Reagan and Gorbachev shaking hands after the INF signing, June 1, 1988.  [Photo courtesy of Reagan Presidential Library, Simi Valley, California]

27) State Department Cable, “Moscow Summit Briefing Materials,” June 8, 1988.

This detailed 19-page cable provides the State Department’s official talking points for all posts to use “in briefing host government officials at suitably high level” about the Moscow summit.  Referring to the Soviet attempt to get a statement against the use of military force, the cable says “we had to bring the Soviets back down to earth” and “we were not going back to the kind of vague concepts we had seen in the 1970s that were subject to differing interpretations and could result in misunderstandings and recriminations.”  But Gorbachev in his closing press conference would make clear that an American endorsement of his “new thinking” on security policy, and specifically such a rejection of “military means” to solve problems, would have helped him in his efforts to restructure Soviet foreign policy, and put his own establishment more on the defensive, thus allowing him to make more reforms even more quickly.  Gorbachev would express disappointment that “the opportunity to take a big stride in shaping civilized international relations has been missed.”[5]

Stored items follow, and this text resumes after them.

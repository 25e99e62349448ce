//! Where records part from those of items.

ghost use Rattle.std.specs.Prelude.{◌≡◌, ◌↔◌, ◌≤◌, ◌∷◌, ◌++◌, [], List, IfSome, IsNone, MatchOption, drop, length};
ghost use Rattle.tp_log.specs.GatheredItems.{is_tree};
ghost use Rattle.tp_schedule.specs.declared.records.Record.{Record};
ghost use Rattle.tp_log_check.specs.EventEntry.{trees_in};
ghost use Rattle.tp_log_check.specs.FirstDifference.{IsFirstTree, PartsAt};
ghost use Rattle.tp_run_laws.specs.Proved.{records_in};

use crate::same_record;
use tp_log::Item;
use tp_schedule::Record;

/// What is due behind the record, if this one is due.
fn behind_record<'a>(due: &'a [Record], told: &Record) -> Option<&'a [Record]>
    ensures { MatchOption result ((left : List Record) → due.now ≡ told.now ∷ left → ⊥)
        (λ left. due.now ≡ told.now ∷ left.now) }
{
    match due {
        [first, others @ ..] => {
            if same_record(first, told) {
                Some(others)
            } else {
                None
            }
        }
        [] => None,
    }
}

/// What is due behind the item, if its record is due.
fn behind<'a>(due: &'a [Record], item: &Item) -> Option<&'a [Record]>
    ensures { MatchOption result ((left : List Record)
        → due.now ≡ records_in (item.now ∷ []) ++ left → ⊥)
        (λ left. due.now ≡ records_in (item.now ∷ []) ++ left.now) }
{
    match item {
        Item::Note(told) => behind_record(due, told),
        Item::Event(_) | Item::Tree(_) => Some(due),
    }
}

/// The first item that tells another record than the one that is due, or one that is too many; their number, if a record is due behind
/// them. None exactly where the items tell these records.
pub(crate) fn find_parting(notes: &[Record], items: &[Item]) -> Option<usize>
    ensures same { IsNone result ↔ (notes.now ≡ records_in items.now) }
    ensures parts { IfSome result (PartsAt notes.now items.now) }
{
    let mut due = notes;
    let mut rest = items;
    'items: while let [item, others @ ..] = rest {
        match behind(due, item) {
            Some(left) => due = left,
            None => return Some(items.len() - rest.len()),
        }
        rest = others;
    }
    if due.is_empty() {
        None
    } else {
        Some(items.len())
    }
}

fn is_tree(item: &Item) -> bool
    ensures { result ≡ is_tree item.now }
{
    matches!(item, Item::Tree(_))
}

/// The first tree from a place on. None exactly where there is none.
pub(crate) fn find_tree(items: &[Item], from: usize) -> Option<usize>
    requires { from ≤ length items.now }
    ensures none { IsNone result ↔ (trees_in (drop from items.now) ≡ []) }
    ensures first { IfSome result (IsFirstTree from items.now) }
{
    let mut rest = &items[from..];
    'trees: while let [item, others @ ..] = rest {
        if is_tree(item) {
            return Some(items.len() - rest.len());
        }
        rest = others;
    }
    None
}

 28) Anatoly Chernyaev Diary, June 19, 1988.

 This diary entry shows that preparations for the Moscow summit were not the main issue that preoccupied the Soviet leadership in the late spring of 1988.  Once Gorbachev realized in the beginning of May that the summit would not bring the desired agreement on strategic nuclear weapons, the focus of attention shifted to preparation for the XIX Party Conference, which took place at the end of June 1988.  Most speechwriters and Gorbachev’s advisers were occupied by drafting the theses for the conference at several country houses around Moscow.  The relative importance of the summit comes through Chernyaev’s unintentional phrase “[w]e took a break from Volynskoe-2 due to Reagan’s visit.”  In his diary he also notes that the main achievement of the summit was Reagan’s realization that the Soviet Union was no longer a Cold War adversary of the past: “Reagan saw that we are not an ‘empire of evil,’ but normal people, with a rich history at that, and… we are such a giant that you cannot intimidate or dazzle us.” 

 


Notes

[1] Don Oberdorfer, From the Cold War to a New Era (Baltimore: Johns Hopkins University Press, 1998), pp. 274-275.

[2] Oberdorfer, p. 289

[3] For an extended discussion of why limits on SLCMs were much more in the U.S. national interest than the Soviets, and how the Navy’s resistance to on-board inspections gave the moral high ground to the Soviets, see the analysis by the then-U.S. ambassador to Moscow, Jack Matlock, in his book Reagan and Gorbachev: How the Cold War Ended (New York: Random House, 2004), pp. 277-279.

 [4] Mikhail Gorbachev, Ponyat’ Perestroiku… Pochemu eto vazhno seichas [To Understand Perestroika … Why it is Important Now.], Moscow, Alpina Business Books, 2006, p. 161.

[5] Raymond Garthoff, The Great Transition: American-Soviet Relations and the End of the Cold War (Washington D.C: Brookings Institution, 1994), p. 356.